Datasets and Maps
We do our best to make data publicly available. You can find our public datasets on the Beap Lab Dataverse (https://dataverse.harvard.edu/dataverse/beaplab). If you have questions please do not hesitate to reach out.
Below you will find some descriptions of datasets were have helped create or are in the process of developing.
The Public Transport Accessibility Index (PTAI) was calculated based on the method described by Saghapour, 2016 to measure the access level to public transport for each census tract in different metropolitan areas of Canada. This approach consists of two main procedures. The first of them relates to the distances from points of interest and their closest stops/stations. The second one includes walking catchments and CTs population densities proportions calculations. The PTAI was calculated for each census tract. In addition, the access level was calculated for each DA. In this case, the proportions between population densities in different geographic levels were not considered.

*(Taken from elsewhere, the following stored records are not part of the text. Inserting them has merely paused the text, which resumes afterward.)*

ghost use Rattle.std.specs.Prelude.{◌≡◌, ◌≢◌, ◌≤◌, ◌<◌, ◌+◌, ◌*◌, ◌^◌, ◌++◌, List, ℕ, suc, map, length, IfOk, OnOk, Err};
ghost use Rattle.lola_net.specs.declared.node.Node.TheVariants.{Free, Latch};
ghost use Rattle.lola_flat.specs.Tree.{flat_tree, signal_tree};
ghost use Rattle.lola_lower.specs.Sources.{is_alone, is_clock_path, is_input, is_register, has_input, has_latch, input_nodes, latch_nodes, all_inputs, all_latches, source_nodes, bits_at, elements_at, given_row, given_from};

use crate::names::signal_names;
use lola_alg::AlgError;
use lola_bits::{Name, Seq};
use lola_flat::{Flat, SigKind, Signal};
use lola_gate::Gates;
use std::alloc::Global;

/// Whether a path is one name alone.
fn is_alone(path: &[Name], name: &Name) -> bool
    ensures { result ≡ is_alone path.now name.now }
{
    match path {
        [] => false,
        [first, more @ ..] => more.is_empty() && first.text() == name.text(),
    }
}

/// Whether a signal's path is the clock's.
fn is_clock(flat: &Flat, signal: &Signal) -> bool
    ensures { result ≡ is_clock_path flat.now.clock signal.now.path }
{
    match &flat.clock {
        Some(name) => is_alone(signal.path.items(), name),
        None => false,
    }
}

/// Whether a signal is an input but the clock.
fn has_input(flat: &Flat, signal: &Signal) -> bool
    ensures { result ≡ has_input (flat_tree flat.now) (signal_tree signal.now) }
{
    match signal.kind {
        SigKind::Input => !is_clock(flat, signal),
        SigKind::Pad => false,
        SigKind::Wire => false,
        SigKind::Register => false,
    }
}

/// Whether a signal is a register.
fn has_latch(signal: &Signal) -> bool
    ensures { result ≡ has_latch (signal_tree signal.now) }
{
    match signal.kind {
        SigKind::Input => false,
        SigKind::Pad => false,
        SigKind::Wire => false,
        SigKind::Register => true,
    }
}

/// Adds a free node for each name.
fn add_frees(alloc: Global, gates: &mut Gates, names: &[Name]) -> Result<(), AlgError>
    ensures ok { OnOk result (gates.new ≡ gates.old ++ map (λ (name : List ℕ). Free name) names.now) }
    ensures err { result ≢ Err AlgError.Full }
{
    for name in names {
        match gates.free(alloc, name) {
            Ok(_) => {}
            Err(_) => return Err(AlgError::Memory),
        }
    }
    Ok(())
}

/// Adds a latch for each name.
fn add_states(alloc: Global, gates: &mut Gates, names: &[Name]) -> Result<(), AlgError>
    ensures ok { OnOk result (gates.new ≡ gates.old ++ map (λ (name : List ℕ). Latch name 0) names.now) }
    ensures err { result ≢ Err AlgError.Full }
{
    for name in names {
        match gates.latch(alloc, name) {
            Ok(_) => {}
            Err(_) => return Err(AlgError::Memory),
        }
    }
    Ok(())
}

/// Adds the nodes of a signal where it is an input.
fn add_input(alloc: Global, gates: &mut Gates, flat: &Flat, signal: &Signal) -> Result<(), AlgError>
    ensures ok { OnOk result (gates.new ≡ gates.old ++ input_nodes (flat_tree flat.now) (signal_tree signal.now)) }
    ensures err { result ≢ Err AlgError.Full }
{
    if !has_input(flat, signal) {
        return Ok(());
    }
    match signal_names(alloc, signal) {
        Ok(names) => add_frees(alloc, gates, names.as_slice()),
        Err(_) => Err(AlgError::Memory),
    }
}

/// Adds the nodes of a signal where it is a register.
fn add_latch(alloc: Global, gates: &mut Gates, signal: &Signal) -> Result<(), AlgError>
    ensures ok { OnOk result (gates.new ≡ gates.old ++ latch_nodes (signal_tree signal.now)) }
    ensures err { result ≢ Err AlgError.Full }
{
    if !has_latch(signal) {
        return Ok(());
    }
    match signal_names(alloc, signal) {
        Ok(names) => add_states(alloc, gates, names.as_slice()),
        Err(_) => Err(AlgError::Memory),
    }
}

/// Adds a free node for each bit of the inputs but the clock.
pub(crate) fn add_inputs(alloc: Global, gates: &mut Gates, flat: &Flat) -> Result<(), AlgError>
    ensures ok { OnOk result (gates.new ≡ gates.old ++ all_inputs (flat_tree flat.now)) }
    ensures err { result ≢ Err AlgError.Full }
{
    let signals = flat.signals.items();
    for signal in signals {
        match add_input(alloc, gates, flat, signal) {
            Ok(()) => {}
            Err(error) => return Err(error),
        }
    }
    Ok(())
}

/// Adds a latch for each bit of the registers.
pub(crate) fn add_latches(alloc: Global, gates: &mut Gates, flat: &Flat) -> Result<(), AlgError>
    ensures ok { OnOk result (gates.new ≡ gates.old ++ all_latches (flat_tree flat.now)) }
    ensures err { result ≢ Err AlgError.Full }
{
    let signals = flat.signals.items();
    for signal in signals {
        match add_latch(alloc, gates, signal) {
            Ok(()) => {}
            Err(error) => return Err(error),
        }
    }
    Ok(())
}

/// The literals of a vector whose nodes have the numbers from `first` on, the highest bit first.
pub(crate) fn bits_at(alloc: Global, first: u32, width: u32) -> Result<Seq<u32>, AlgError>
    requires few { first + width ≤ 2 ^ 31 }
    ensures ok { IfOk result (λ bits. bits ≡ bits_at first width) }
    ensures err { result ≢ Err AlgError.Full }
{
    let mut bits = Vec::new(alloc);
    for place in 0..width {
        if let Err(_) = bits.push(2 * (first + (width - 1 - place))) {
            return Err(AlgError::Memory);
        }
    }
    Ok(Seq::of(bits))
}

/// The literals of so many elements, one behind another.
fn elements_at(alloc: Global, first: u32, width: u32, count: u32) -> Result<Seq<Seq<u32>>, AlgError>
    requires few { first + count * width ≤ 2 ^ 31 }
    ensures ok { IfOk result (λ elements. elements ≡ elements_at first width count) }
    ensures err { result ≢ Err AlgError.Full }
{
    let mut elements = Vec::new(alloc);
    let mut next = first;
    for element in 0..count {
        let bits = match bits_at(alloc, next, width) {
            Ok(bits) => bits,
            Err(error) => return Err(error),
        };
        if let Err(_) = elements.push(bits) {
            return Err(AlgError::Memory);
        }
        next += width;
    }
    Ok(Seq::of(elements))
}

/// What a signal has before the equations are made, where the next inputs and latches have these numbers.
fn given_row(
    alloc: Global,
    flat: &Flat,
    input: u32,
    latch: u32,
    signal: &Signal,
) -> Result<Seq<Seq<u32>>, AlgError>
    requires inputs { input + length (input_nodes (flat_tree flat.now) (signal_tree signal.now)) ≤ 2 ^ 31 }
    requires latches { latch + length (latch_nodes (signal_tree signal.now)) ≤ 2 ^ 31 }
    ensures ok { IfOk result (λ row. row ≡ given_row (flat_tree flat.now) input latch (signal_tree signal.now)) }
    ensures err { result ≢ Err AlgError.Full }
{
    if has_input(flat, signal) {
        elements_at(alloc, input, signal.width, signal.count)
    } else if has_latch(signal) {
        elements_at(alloc, latch, signal.width, signal.count)
    } else {
        Ok(Seq::new(alloc))
    }
}

/// The number of nodes that a signal has as an input.
fn input_size(flat: &Flat, signal: &Signal) -> u32
    requires { length (input_nodes (flat_tree flat.now) (signal_tree signal.now)) < 2 ^ 32 }
    ensures { result ≡ length (input_nodes (flat_tree flat.now) (signal_tree signal.now)) }
{
    if has_input(flat, signal) {
        signal.count * signal.width
    } else {
        0
    }
}

/// The number of nodes that a signal has as a register.
fn latch_size(signal: &Signal) -> u32
    requires { length (latch_nodes (signal_tree signal.now)) < 2 ^ 32 }
    ensures { result ≡ length (latch_nodes (signal_tree signal.now)) }
{
    if has_latch(signal) {
        signal.count * signal.width
    } else {
        0
    }
}

/// What the signals have before their equations are made: inputs the literals of the nodes from 1 on, and
/// registers those of the nodes from `first` on.
pub(crate) fn given_literals(
    alloc: Global,
    flat: &Flat,
    first: u32,
) -> Result<Vec<Seq<Seq<u32>>>, AlgError>
    requires inputs { 1 + length (all_inputs (flat_tree flat.now)) ≤ 2 ^ 31 }
    requires latches { first + length (all_latches (flat_tree flat.now)) ≤ 2 ^ 31 }
    ensures ok { IfOk result (λ table. table.items ≡ given_from (flat_tree flat.now) 1 first (flat_tree flat.now).signals) }
    ensures err { result ≢ Err AlgError.Full }
{
    let mut table = Vec::new(alloc);
    let mut input = 1;
    let mut latch = first;
    let signals = flat.signals.items();
    for signal in signals {
        let row = match given_row(alloc, flat, input, latch, signal) {
            Ok(row) => row,
            Err(error) => return Err(error),
        };
        if let Err(_) = table.push(row) {
            return Err(AlgError::Memory);
        }
        input += input_size(flat, signal);
        latch += latch_size(signal);
    }
    Ok(table)
}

- Saghapour T et al. “Public transport accessibility in metropolitan areas: A new approach incorporating population density.” Journal of Transport Geography, 2016, vol. 54, pp. 273–285. Web
This measure for the computation of a multi-dimensional, nationwide urban sprawl index for Canada at a small-area level (i.e., Census Tract, CT) was developed using robust spatial statistical modelling. It fills the gap that a comprehensive urban sprawl index at a fine spatial scale is missing in Canada. It includes urban sprawl indicators along four dimensions: density, mix use, street connectivity, and centering. These dimensions have been widely used in the urban sprawl/compactness studies in North America [1,2].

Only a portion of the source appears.